Exercise description:
In the data below, find every line with the string "both" and pull it out.
#####
//! How the floats move as columns are put out and lists are cleared, and what a column of floats is made for.
ghost use Rattle.std.specs.Prelude.{◌≡◌, [], ◌++◌, OnOk};
ghost use Rattle.tb_float.specs.Lists.{IsWaiting, floats_of, with_floats_of, wide_part};
ghost use Rattle.tb_float.specs.Pool.{HasNoMarks};
ghost use Rattle.tb_float.specs.Rooms.{IsArea};
ghost use Rattle.tb_output.specs.Clear.{deferred_again, double_again};
ghost use Rattle.tb_output.specs.Columns.{single_wanted};
ghost use Rattle.tb_output.specs.Machine.{AreOutputParams};
ghost use Rattle.tb_output.specs.Pages.{wide_wanted};
ghost use Rattle.tb_told.specs.Tales.{tales, back_tales};
ghost use Rattle.tb_why.specs.SeenSteps.{IsLeavable};

use std::alloc::AllocError;
use tb_float::{Part, Pool, share_of};
use tb_fpage::Wanted;
use tb_node::Where;
use tb_param::Params;
use tb_told::{Piece, Tale};

/// The list in which wide floats wait.
pub(crate) fn wide_part(p: &Params) -> Part
    ensures value { result ≡ wide_part p.now }
    ensures waits { IsWaiting result }
{
    if p.has_second() {
        Part::Second
    } else {
        Part::Deferred
    }
}

/// What a page of wide floats is made for.
pub(crate) fn wide_wanted(p: &Params, clearing: bool) -> Wanted
    requires { AreOutputParams p.now }
    ensures { result ≡ wide_wanted p.now clearing }
{
    Wanted {
        height: p.textheight,
        minimum: share_of(p.dblfloatpagefraction, p.textheight),
        sep: p.dblfpsep.width,
        clearing,
        wide: true,
    }
}

/// What a column of single floats is made for.
pub(crate) fn single_wanted(pool: &Pool, p: &Params, clearing: bool) -> Wanted
    requires { AreOutputParams p.now }
    ensures { result ≡ single_wanted p.now pool.now.lists clearing }
{
    let height = pool.column_height(p);
    Wanted {
        height,
        minimum: share_of(p.floatpagefraction, height),
        sep: p.fpsep.width,
        clearing,
        wide: false,
    }
}

/// The floats of a list leave the pool.
pub(crate) fn empty(pool: &mut Pool, part: Part)
    requires { IsLeavable part }
    ensures lists { pool.new.lists ≡ with_floats_of part [] pool.old.lists }
    ensures unmarked { HasNoMarks pool.old → HasNoMarks pool.new }
{
    'floats: while let Some(_) = pool.retire(part) {}
}

/// The floats that a text column takes with it leave the pool.
pub(crate) fn empty_column(pool: &mut Pool)
    ensures lists { pool.new.lists ≡ record pool.old.lists { here = []; top = []; bottom = [] } }
    ensures unmarked { HasNoMarks pool.old → HasNoMarks pool.new }
{
    empty(pool, Part::Here);
    empty(pool, Part::Top);
    empty(pool, Part::Bottom);
}

/// The floats at the top and at the bottom wait again, before the deferred ones.
pub(crate) fn defer_areas(pool: &mut Pool)
    ensures lists { pool.new.lists ≡ deferred_again pool.old.lists }
    ensures unmarked { HasNoMarks pool.old → HasNoMarks pool.new }
{
    pool.join_front(Part::Bottom, Part::Deferred);
    pool.join_front(Part::Top, Part::Deferred);
}

/// The floats above both columns wait again, before the others.
pub(crate) fn defer_double(pool: &mut Pool, p: &Params)
    ensures lists { pool.new.lists ≡ double_again p.now pool.old.lists }
    ensures unmarked { HasNoMarks pool.old → HasNoMarks pool.new }
{
    pool.join_front(Part::Double, wide_part(p));
}

/// Appends that the floats of a list are taken back from their place. Fails only if memory runs out.
pub(crate) fn tell_back(
    pieces: &mut Vec<Piece>,
    pool: &Pool,
    from: Part,
    place: Where,
) -> Result<(), AllocError>
    requires { IsArea from }
    ensures { OnOk result (pieces.new.items ≡ pieces.old.items ++ tales (back_tales place (floats_of from pool.now.lists))) }
{
    for entry in pool.entries(from) {
        pieces.push(Piece::Says(Tale::Back(*entry.float(), place)))?;
    }
    Ok(())
}
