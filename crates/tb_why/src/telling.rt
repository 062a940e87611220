//! What is told at the firing of a page, along its steps.
ghost use Rattle.std.specs.Prelude.{◌≡◌, ◌++◌, OnOk, IfOk};
ghost use Rattle.tb_scaled.specs.Amount.{IsAmount};
ghost use Rattle.tb_output.specs.Machine.{AreOutputParams};
ghost use Rattle.tb_output.specs.Output.{is_int};
ghost use Rattle.tb_why.specs.Seen.{seen_pieces, ordinary_told, clear_told, clear_floats_told, clear_wide_told, text_float_told, text_told, text_seen, put_out_told, put_out_seen, put_out_told_by, put_out_seen_by, pair_told, pair_seen, all_wide_told, all_wide_seen, all_float_told, all_float_seen};
ghost use Rattle.tb_why.specs.SeenSteps.{IsWideTurn, IsFloatTurn};

use crate::Seen;
use crate::lists::{wide_part, wide_wanted};
use std::alloc::AllocError;
use tb_float::{Entry, Part};
use tb_node::{CLEAR_PENALTY, PAR_PENALTY, VERT_PENALTY, Where};
use tb_output::Reading;
use tb_param::Params;
use tb_scaled::EJECT_PENALTY;
use tb_told::{Piece, Tale};

/// Appends what is told at the firing of a page, and the places of what the firing sends, in their order. `penalty` is that
/// of its break, `reading` is read from the page before it fires, `here` has the lines of the floats in its text, and `seen`
/// is the state before. Amounts are in scaled points. Fails only if memory runs out; then only a part of this may be told.
pub fn tell_firing(
    pieces: &mut Vec<Piece>,
    p: &Params,
    penalty: i64,
    reading: &Reading,
    here: &[u32],
    seen: Seen,
) -> Result<(), AllocError>
    requires params { AreOutputParams p.now }
    requires height { IsAmount reading.now.height }
    requires page_height { IsAmount reading.now.page_height }
    requires note_bottom { IsAmount seen.note_bottom }
    ensures { OnOk result (pieces.new.items ≡ pieces.old.items ++ seen_pieces p.now penalty here.now reading.now seen) }
{
    let mut seen = seen;
    seen.fire(pieces, p, penalty, reading, here)
}

impl Seen {
    // What is told at a firing, by the penalty of its break.
    fn fire(
        &mut self,
        pieces: &mut Vec<Piece>,
        p: &Params,
        penalty: i64,
        reading: &Reading,
        here: &[u32],
    ) -> Result<(), AllocError>
        requires params { AreOutputParams p.now }
        requires height { IsAmount reading.now.height }
        requires page_height { IsAmount reading.now.page_height }
        requires note_bottom { IsAmount self.old.note_bottom }
        ensures { OnOk result (pieces.new.items ≡ pieces.old.items ++ seen_pieces p.now penalty here.now reading.now self.old) }
    {
        if penalty >= EJECT_PENALTY {
            return self.ordinary(pieces, p, here);
        }
        if is_signal(penalty, CLEAR_PENALTY) {
            return self.clear(pieces, p, reading, here);
        }
        if is_signal(penalty, PAR_PENALTY) || is_signal(penalty, VERT_PENALTY) {
            return self.text_float(pieces, p, reading);
        }
        Ok(())
    }

    // An ordinary page: its text column, columns of floats, and the floats of the next text column.
    fn ordinary(
        &mut self,
        pieces: &mut Vec<Piece>,
        p: &Params,
        here: &[u32],
    ) -> Result<(), AllocError>
        requires { AreOutputParams p.now }
        ensures { OnOk result (pieces.new.items ≡ pieces.old.items ++ ordinary_told p.now here.now self.old) }
    {
        self.text(pieces, p, here)?;
        self.float_columns(pieces, p, false)?;
        self.fill(pieces, p)
    }

    // A text column is put out, with the floats of these lines in its text.
    fn text(&mut self, pieces: &mut Vec<Piece>, p: &Params, here: &[u32]) -> Result<(), AllocError>
        requires { AreOutputParams p.now }
        ensures told { OnOk result (pieces.new.items ≡ pieces.old.items ++ text_told p.now here.now self.old) }
        ensures seen { OnOk result (self.new ≡ text_seen p.now self.old) }
    {
        self.stand(pieces, here)?;
        self.end_text();
        self.put_out(pieces, p)
    }

    // A column is put out, and the column after it begins.
    fn put_out(&mut self, pieces: &mut Vec<Piece>, p: &Params) -> Result<(), AllocError>
        requires { AreOutputParams p.now }
        ensures told { OnOk result (pieces.new.items ≡ pieces.old.items ++ put_out_told p.now self.old) }
        ensures seen { OnOk result (self.new ≡ put_out_seen p.now self.old) }
    {
        self.say(pieces, Tale::PutOut)?;
        self.put_by(pieces, p)?;
        self.end_column();
        Ok(())
    }

    // A column is put out, as a page, as the first of two, or as the second.
    fn put_by(&mut self, pieces: &mut Vec<Piece>, p: &Params) -> Result<(), AllocError>
        requires { AreOutputParams p.now }
        ensures told { OnOk result (pieces.new.items ≡ pieces.old.items ++ put_out_told_by p.now self.old) }
        ensures seen { OnOk result (self.new ≡ put_out_seen_by p.now self.old) }
    {
        if !self.two_columns {
            return self.ship(pieces, p);
        }
        if self.first_column {
            self.keep_left();
            return Ok(());
        }
        self.ship_pair(pieces, p)
    }

    // The page of two columns ships, then pages of wide floats, and the next two columns get theirs.
    fn ship_pair(&mut self, pieces: &mut Vec<Piece>, p: &Params) -> Result<(), AllocError>
        requires { AreOutputParams p.now }
        ensures told { OnOk result (pieces.new.items ≡ pieces.old.items ++ pair_told p.now self.old) }
        ensures seen { OnOk result (self.new ≡ pair_seen p.now self.old) }
    {
        self.ship(pieces, p)?;
        self.end_pair();
        self.wide_pages(pieces, p, false)?;
        self.fill_double(pieces, p)
    }

    // Pages of wide floats while there are some; each takes a float, so there are no more than floats.
    fn wide_pages(
        &mut self,
        pieces: &mut Vec<Piece>,
        p: &Params,
        clearing: bool,
    ) -> Result<(), AllocError>
        requires { AreOutputParams p.now }
        ensures told { OnOk result (pieces.new.items ≡ pieces.old.items ++ all_wide_told p.now clearing self.old) }
        ensures seen { OnOk result (self.new ≡ all_wide_seen p.now clearing self.old) }
    {
        for _turn in 0..self.count(wide_part(p)) {
            if !self.wide_page(pieces, p, clearing)? {
                return Ok(());
            }
        }
        Ok(())
    }

    // A page of wide floats is looked for, and put out; false if there is none.
    fn wide_page(
        &mut self,
        pieces: &mut Vec<Piece>,
        p: &Params,
        clearing: bool,
    ) -> Result<bool, AllocError>
        requires { AreOutputParams p.now }
        ensures { IfOk result (λ more. IsWideTurn p.now clearing more self.old self.new pieces.old.items pieces.new.items) }
    {
        let wanted = wide_wanted(p, clearing);
        let from = wide_part(p);
        self.look(pieces, &wanted, from)?;
        if !self.take(&wanted, from) {
            return Ok(false);
        }
        self.say(pieces, Tale::PutOut)?;
        self.ship(pieces, p)?;
        Ok(true)
    }

    // Columns of floats while there are some; each takes a float, so there are no more than floats.
    fn float_columns(
        &mut self,
        pieces: &mut Vec<Piece>,
        p: &Params,
        clearing: bool,
    ) -> Result<(), AllocError>
        requires { AreOutputParams p.now }
        ensures told { OnOk result (pieces.new.items ≡ pieces.old.items ++ all_float_told p.now clearing self.old) }
        ensures seen { OnOk result (self.new ≡ all_float_seen p.now clearing self.old) }
    {
        for _turn in 0..self.count(Part::Deferred) {
            if !self.float_column(pieces, p, clearing)? {
                return Ok(());
            }
        }
        Ok(())
    }

    // A column of floats is looked for, and put out; false if there is none.
    fn float_column(
        &mut self,
        pieces: &mut Vec<Piece>,
        p: &Params,
        clearing: bool,
    ) -> Result<bool, AllocError>
        requires { AreOutputParams p.now }
        ensures { IfOk result (λ more. IsFloatTurn p.now clearing more self.old self.new pieces.old.items pieces.new.items) }
    {
        let wanted = self.wanted(p, clearing);
        self.look(pieces, &wanted, Part::Deferred)?;
        if !self.take(&wanted, Part::Deferred) {
            return Ok(false);
        }
        self.put_out(pieces, p)?;
        Ok(true)
    }

    // A clear. A page with insertions is put out first.
    fn clear(
        &mut self,
        pieces: &mut Vec<Piece>,
        p: &Params,
        reading: &Reading,
        here: &[u32],
    ) -> Result<(), AllocError>
        requires { AreOutputParams p.now }
        ensures { OnOk result (pieces.new.items ≡ pieces.old.items ++ clear_told p.now here.now reading.now self.old) }
    {
        if reading.has_notes {
            return self.text(pieces, p, here);
        }
        self.clear_floats(pieces, p)
    }

    // The floats at the top and at the bottom are taken back; columns of floats, and wide pages.
    fn clear_floats(&mut self, pieces: &mut Vec<Piece>, p: &Params) -> Result<(), AllocError>
        requires { AreOutputParams p.now }
        ensures { OnOk result (pieces.new.items ≡ pieces.old.items ++ clear_floats_told p.now self.old) }
    {
        self.back(pieces, Part::Top, Where::Top)?;
        self.back(pieces, Part::Bottom, Where::Bottom)?;
        self.defer_areas();
        self.float_columns(pieces, p, true)?;
        self.clear_wide(pieces, p)
    }

    // In two columns, before a first column: the floats above both columns are taken back, and wide pages.
    fn clear_wide(&mut self, pieces: &mut Vec<Piece>, p: &Params) -> Result<(), AllocError>
        requires { AreOutputParams p.now }
        ensures { OnOk result (pieces.new.items ≡ pieces.old.items ++ clear_wide_told p.now self.old) }
    {
        if !self.two_columns || !self.first_column {
            return Ok(());
        }
        self.back(pieces, Part::Double, Where::Double)?;
        self.defer_double(p);
        self.wide_pages(pieces, p, true)
    }

    // The first float or note of the current list goes to its place.
    fn text_float(
        &self,
        pieces: &mut Vec<Piece>,
        p: &Params,
        reading: &Reading,
    ) -> Result<(), AllocError>
        requires params { AreOutputParams p.now }
        requires height { IsAmount reading.now.height }
        requires page_height { IsAmount reading.now.page_height }
        requires note_bottom { IsAmount self.now.note_bottom }
        ensures { OnOk result (pieces.new.items ≡ pieces.old.items ++ text_float_told p.now reading.now self.now) }
    {
        if self.over {
            return Ok(());
        }
        match self.first() {
            Some(Entry::Float(f)) => self.call(pieces, p, reading.page_height, &f),
            Some(Entry::Left(m)) => self.say(pieces, self.beside(p, reading.height, &m)),
            Some(Entry::Right(_)) => Ok(()),
            None => Ok(()),
        }
    }
}

// Whether the penalty of a break is this one.
fn is_signal(penalty: i64, signal: i64) -> bool
    ensures { result ≡ is_int penalty signal }
{
    penalty == signal
}
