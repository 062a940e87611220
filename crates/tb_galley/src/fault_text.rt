//! The texts of faults, and the kinds of their causes.
ghost use Rattle.std.specs.Prelude.{◌≡◌};
ghost use Rattle.tb_text.specs.Fronts.{PutsAfter};
ghost use Rattle.tb_galley.specs.FaultText.{cause_name, is_range_cause, fault_text};

use crate::{Cause, Fault};
use std::alloc::AllocError;
use tb_text::{put, put_counted};

/// The name of the cause, as the line on standard error gives it: `line L field F: CAUSE`.
pub fn cause_text(cause: Cause) -> &'static [u8]
    ensures { result.now ≡ cause_name cause }
{
    match cause {
        Cause::InputSize => b"InputSize",
        Cause::LineLength => b"LineLength",
        Cause::NotAscii => b"NotAscii",
        Cause::NoHeader => b"NoHeader",
        Cause::AfterEnd => b"AfterEnd",
        Cause::UnknownWord => b"UnknownWord",
        Cause::SetAfterItem => b"SetAfterItem",
        Cause::NestedFoot => b"NestedFoot",
        Cause::NotInFoot => b"NotInFoot",
        Cause::StrayEndfoot => b"StrayEndfoot",
        Cause::StrayHead => b"StrayHead",
        Cause::UnclosedFoot => b"UnclosedFoot",
        Cause::NestedPar => b"NestedPar",
        Cause::NotInPar => b"NotInPar",
        Cause::StrayEndpar => b"StrayEndpar",
        Cause::UnclosedPar => b"UnclosedPar",
        Cause::Items => b"Items",
        Cause::MissingField => b"MissingField",
        Cause::ExtraField => b"ExtraField",
        Cause::UnknownParameter => b"UnknownParameter",
        Cause::WrongForm => b"WrongForm",
        Cause::BadNumber => b"BadNumber",
        Cause::BadUnit => b"BadUnit",
        Cause::BadName => b"BadName",
        Cause::BadPlace => b"BadPlace",
        Cause::Dimension => b"Dimension",
        Cause::Penalty => b"Penalty",
        Cause::Class => b"Class",
        Cause::Parameter => b"Parameter",
        Cause::NoEnd => b"NoEnd",
    }
}

/// Whether the fault is one of range: something too long, too many or out of its range. Every other fault is one of
/// syntax.
pub fn is_range_cause(cause: Cause) -> bool
    ensures { result ≡ is_range_cause cause }
{
    matches!(
        cause,
        Cause::InputSize
            | Cause::LineLength
            | Cause::Items
            | Cause::Dimension
            | Cause::Penalty
            | Cause::Class
            | Cause::Parameter
    )
}

/// Appends where and why an input is at fault: `line L field F: CAUSE`. If memory runs out, what stood in `out` is still
/// there, and a front of the text may follow.
pub fn put_fault(out: &mut Vec<u8>, fault: &Fault) -> Result<(), AllocError>
    ensures { PutsAfter result out.old.items (fault_text fault.now) out.new.items }
{
    put_counted(out, b"line ", u64::from(fault.line))?;
    put_counted(out, b" field ", u64::from(fault.field))?;
    put(out, b": ")?;
    put(out, cause_text(fault.cause))
}
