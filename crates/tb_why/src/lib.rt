//! What is told of a run, along its steps: why each float went where it went. What is told of a firing, in pieces; a turn with
//! what is shown of it, its lines and what they add to the summary; and the laws that what is told changes nothing, that
//! without its lines the trace is left, and that each float is placed where it is told to go.
#![tactic(auto)]

mod byte_law;
mod firings;
mod laws;
mod lists;
mod shown;
mod steps;
mod summary_laws;
mod telling;
mod turns;
mod weaving;

pub use crate::byte_law::{
    without_told_lines_the_events_are_left, without_told_lines_the_trace_is_left,
};
pub use crate::laws::{floats_go_where_told, what_is_told_changes_nothing};
pub use crate::shown::{Showing, note_shown, put_shown};
pub use crate::summary_laws::{
    landed_where_shipped, reasons_are_of_the_float_at_fault, times_are_sheets,
};
pub use crate::telling::tell_firing;
pub use crate::turns::told_turn;
use std::marker::Model;
use tb_float::{Pool, Suppress};

/// What the tales of a firing depend on. It is made before the firing, with a copy of the floats, and goes its steps.
#[derive(Drop)]
pub struct Seen {
    /// How many pages were shipped, and one.
    pub page: u64,
    /// The number of the page that is being made.
    pub number: u64,
    /// Whether pages have two columns.
    pub two_columns: bool,
    /// Whether the next column is the first of two.
    pub first_column: bool,
    /// Where no further float may go.
    pub suppress: Suppress,
    /// How far down the marginal notes of the column reach, in sp.
    pub note_bottom: i64,
    /// Whether the page limit was met: nothing is told from then on.
    pub over: bool,
    /// The floats. None of them is chosen for a column of floats.
    pub pool: Pool,
}

impl Model for Seen {
    ghost use Rattle.std.specs.Prelude.{◌≤◌, ◌+◌};
    ghost use Rattle.tb_float.specs.Pool.{HasNoMarks};
    ghost use Rattle.tb_why.specs.Seen.{Seen as SeenFloats};

    ghost Value = { SeenFloats };

    ghost view = { λ v. record {
      floats = v.pool.lists;
      page = v.page;
      number = v.number;
      two_columns = v.two_columns;
      first_column = v.first_column;
      suppress = v.suppress;
      note_bottom = v.note_bottom;
      over = v.over;
    } };

    ghost invariant = { λ v. HasNoMarks v.pool × (v.number ≤ v.page + 1000000) };
}
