//! The words of a float that are one of two, read by their bytes.
ghost use Rattle.std.specs.Prelude.{◌≡◌, ◌<◌, ◌∷◌, true, length, codes, IfSome};
ghost use Rattle.tb_galley.specs.FieldReader.{left_of, Gives, choice_left, ends_word};
ghost use Rattle.tb_text.specs.Lines.{fields_of};

use crate::Cause;
use crate::fields::{At, Fields};

impl Fields<'_> {
    /// Whether it is as wide as two columns: `single` or `double`.
    #[inline(always)]
    #[tactic(auto, unfolding(crate::specs::FieldReader::choice_left))]
    pub(crate) fn is_double(&mut self) -> Result<bool, At>
        ensures { Gives result (left_of self.new) (choice_left (codes "single") (codes "double") Cause.UnknownWord (left_of self.old)) }
    {
        if let Some(rest) = past_single(self.rest) {
            self.rest = rest;
            self.number += 1;
            return Ok(false);
        }
        if let Some(rest) = past_double(self.rest) {
            self.rest = rest;
            self.number += 1;
            return Ok(true);
        }
        self.choice(b"single", b"double", Cause::UnknownWord)
    }

    /// Whether it is between paragraphs: `par` or `vert`.
    #[inline(always)]
    #[tactic(auto, unfolding(crate::specs::FieldReader::choice_left))]
    pub(crate) fn is_vert(&mut self) -> Result<bool, At>
        ensures { Gives result (left_of self.new) (choice_left (codes "par") (codes "vert") Cause.UnknownWord (left_of self.old)) }
    {
        if let Some(rest) = past_par(self.rest) {
            self.rest = rest;
            self.number += 1;
            return Ok(false);
        }
        if let Some(rest) = past_vert(self.rest) {
            self.rest = rest;
            self.number += 1;
            return Ok(true);
        }
        self.choice(b"par", b"vert", Cause::UnknownWord)
    }
}

// Whether a word ends before these bytes. A tab says nothing: it is left to the reading of a field.
fn ends_word(rest: &[u8]) -> bool
    ensures { result ≡ ends_word rest.now }
{
    match rest {
        [first, ..] => *first == b' ',
        [] => true,
    }
}

// What follows a space and `single`, if the field ends there; `None` says nothing of other lines.
#[inline(always)]
fn past_single(line: &[u8]) -> Option<&[u8]>
    ensures fields { IfSome result (λ r. fields_of line.now ≡ codes "single" ∷ fields_of r.now) }
    ensures shorter { IfSome result (λ r. length r.now < length line.now) }
{
    match line {
        [b' ', b's', b'i', b'n', b'g', b'l', b'e', rest @ ..] if ends_word(rest) => Some(rest),
        _ => None,
    }
}

// What follows a space and `double`, if the field ends there; `None` says nothing of other lines.
#[inline(always)]
fn past_double(line: &[u8]) -> Option<&[u8]>
    ensures fields { IfSome result (λ r. fields_of line.now ≡ codes "double" ∷ fields_of r.now) }
    ensures shorter { IfSome result (λ r. length r.now < length line.now) }
{
    match line {
        [b' ', b'd', b'o', b'u', b'b', b'l', b'e', rest @ ..] if ends_word(rest) => Some(rest),
        _ => None,
    }
}

// What follows a space and `par`, if the field ends there; `None` says nothing of other lines.
#[inline(always)]
fn past_par(line: &[u8]) -> Option<&[u8]>
    ensures fields { IfSome result (λ r. fields_of line.now ≡ codes "par" ∷ fields_of r.now) }
    ensures shorter { IfSome result (λ r. length r.now < length line.now) }
{
    match line {
        [b' ', b'p', b'a', b'r', rest @ ..] if ends_word(rest) => Some(rest),
        _ => None,
    }
}

// What follows a space and `vert`, if the field ends there; `None` says nothing of other lines.
#[inline(always)]
fn past_vert(line: &[u8]) -> Option<&[u8]>
    ensures fields { IfSome result (λ r. fields_of line.now ≡ codes "vert" ∷ fields_of r.now) }
    ensures shorter { IfSome result (λ r. length r.now < length line.now) }
{
    match line {
        [b' ', b'v', b'e', b'r', b't', rest @ ..] if ends_word(rest) => Some(rest),
        _ => None,
    }
}
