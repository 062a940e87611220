//! A line whose end was not read yet.
ghost use Rattle.std.specs.Prelude.{◌≡◌, ◌≤◌, ◌==◌, ◌++◌, [], length};
ghost use Rattle.tb_galley.specs.Unfinished.{kept_line};

use std::marker::Model;

// A line of this many bytes is too long, whether a carriage return at its end counts or not.
const KEPT_LENGTH: usize = 257;

/// A line whose end was not read yet. No more of it is kept than shows that it is too long. In contracts it is the
/// list of the bytes that are kept.
#[derive(Drop)]
pub struct Unfinished {
    bytes: [u8; KEPT_LENGTH],
    length: usize,
}

impl Model for Unfinished {
    ghost use Rattle.std.specs.Prelude.{ℕ, ◌≤◌, List, take};

    ghost Value = { List ℕ };

    ghost view = { λ a. take a.length a.bytes };

    ghost invariant = { λ a. a.length ≤ 257 };
}

impl Unfinished {
    /// A line of which nothing was read.
    pub fn new() -> Unfinished
        ensures { result ≡ [] }
    {
        Unfinished {
            bytes: [0; KEPT_LENGTH],
            length: 0,
        }
    }

    /// Whether nothing was read of it.
    pub fn is_empty(&self) -> bool
        ensures { result ≡ (length self.now == 0) }
    {
        self.length == 0
    }

    /// What is kept of it.
    pub fn as_slice(&self) -> &[u8]
        ensures { result.now ≡ self.now }
    {
        &self.bytes[..self.length]
    }

    /// Adds bytes of the same line at its end. No more than may be kept was kept before.
    pub fn append(&mut self, piece: &[u8])
        ensures kept { self.new ≡ kept_line (self.old ++ piece.now) }
        ensures before { kept_line self.old ≡ self.old }
    {
        let count = piece.len().min(KEPT_LENGTH - self.length);
        self.bytes[self.length..self.length + count].copy_from_slice(&piece[..count]);
        self.length += count;
    }

    /// Begins the next line.
    pub fn clear(&mut self)
        ensures { self.new ≡ [] }
    {
        self.length = 0;
    }
}
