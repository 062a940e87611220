//! A table of spelled values.
ghost use Rattle.std.specs.Prelude.{◌≡◌, map};
ghost use Rattle.tb_galley.specs.Spelling.{spelled_row, spelled_value};

/// What the first row of this text spells; `None` if no row has this text.
pub fn spelled_value<T: Copy>(rows: &[(&'static [u8], T)], text: &[u8]) -> Option<T>
    ensures { result ≡ spelled_value (map spelled_row rows.now) text.now }
{
    for row in rows {
        if row.0 == text {
            return Some(row.1);
        }
    }
    None
}
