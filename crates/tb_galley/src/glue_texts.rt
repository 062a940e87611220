//! The canonical text of glue.
ghost use Rattle.std.specs.Prelude.{◌≡◌, ◌++◌, codes, OnOk, length, ◌≤◌};
ghost use Rattle.tb_galley.specs.CanonicalText.{unit_text, plus_text, minus_text, glue_text};
ghost use Rattle.tb_text.specs.Fields.{and_count};

use std::alloc::AllocError;
use tb_scaled::{Glue, Order};
use tb_text::{put, put_amount, write_field, write_text};

fn unit(order: Order) -> &'static [u8]
    ensures text { result.now ≡ unit_text order }
    ensures short { length result.now ≤ 6 }
{
    match order {
        Order::Normal => b"",
        Order::Fil => b"sfil",
        Order::Fill => b"sfill",
        Order::Filll => b"sfilll",
    }
}

fn put_plus(out: &mut Vec<u8>, stretch: i64, order: Order) -> Result<(), AllocError>
    ensures { OnOk result (out.new.items ≡ out.old.items ++ plus_text stretch order) }
{
    put(out, b" plus")?;
    put_amount(out, stretch)?;
    put(out, unit(order))
}

fn put_minus(out: &mut Vec<u8>, shrink: i64) -> Result<(), AllocError>
    ensures { OnOk result (out.new.items ≡ out.old.items ++ minus_text shrink) }
{
    put(out, b" minus")?;
    put_amount(out, shrink)
}

/// Puts glue's three parts: its width, `plus` its stretch and `minus` its shrink.
pub(crate) fn put_glue(out: &mut Vec<u8>, glue: &Glue) -> Result<(), AllocError>
    ensures { OnOk result (out.new.items ≡ out.old.items ++ glue_text glue.now) }
{
    if glue.width < 0 || glue.stretch < 0 || glue.shrink < 0 {
        return put_any_glue(out, glue);
    }
    put_plain_glue(
        out,
        glue.width as u64,
        glue.stretch as u64,
        glue.order,
        glue.shrink as u64,
    )
}

// Glue of any amounts. Few amounts of a galley are below 0, so this is kept out of the way of the rest.
#[cold]
#[inline(never)]
fn put_any_glue(out: &mut Vec<u8>, glue: &Glue) -> Result<(), AllocError>
    ensures { OnOk result (out.new.items ≡ out.old.items ++ glue_text glue.now) }
{
    put_amount(out, glue.width)?;
    put_plus(out, glue.stretch, glue.order)?;
    put_minus(out, glue.shrink)
}

// Glue with no amount below 0, written at once: most glue of a galley is of this kind.
fn put_plain_glue(
    out: &mut Vec<u8>,
    width: u64,
    stretch: u64,
    order: Order,
    shrink: u64,
) -> Result<(), AllocError>
    ensures { OnOk result (out.new.items ≡ out.old.items ++ (and_count width
        ++ (codes " plus" ++ and_count stretch ++ unit_text order)
        ++ (codes " minus" ++ and_count shrink))) }
{
    let mut line = [0; 80];
    let at = write_field(shrink, &mut line, 80);
    let at = write_text(b" minus", &mut line, at);
    let at = write_text(unit(order), &mut line, at);
    let at = write_field(stretch, &mut line, at);
    let at = write_text(b" plus", &mut line, at);
    let start = write_field(width, &mut line, at);
    put(out, &line[start..])
}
#####
Response below:
/// The floats above both columns wait again, before the others.
    // In two columns, before a first column: the floats above both columns are taken back, and wide pages.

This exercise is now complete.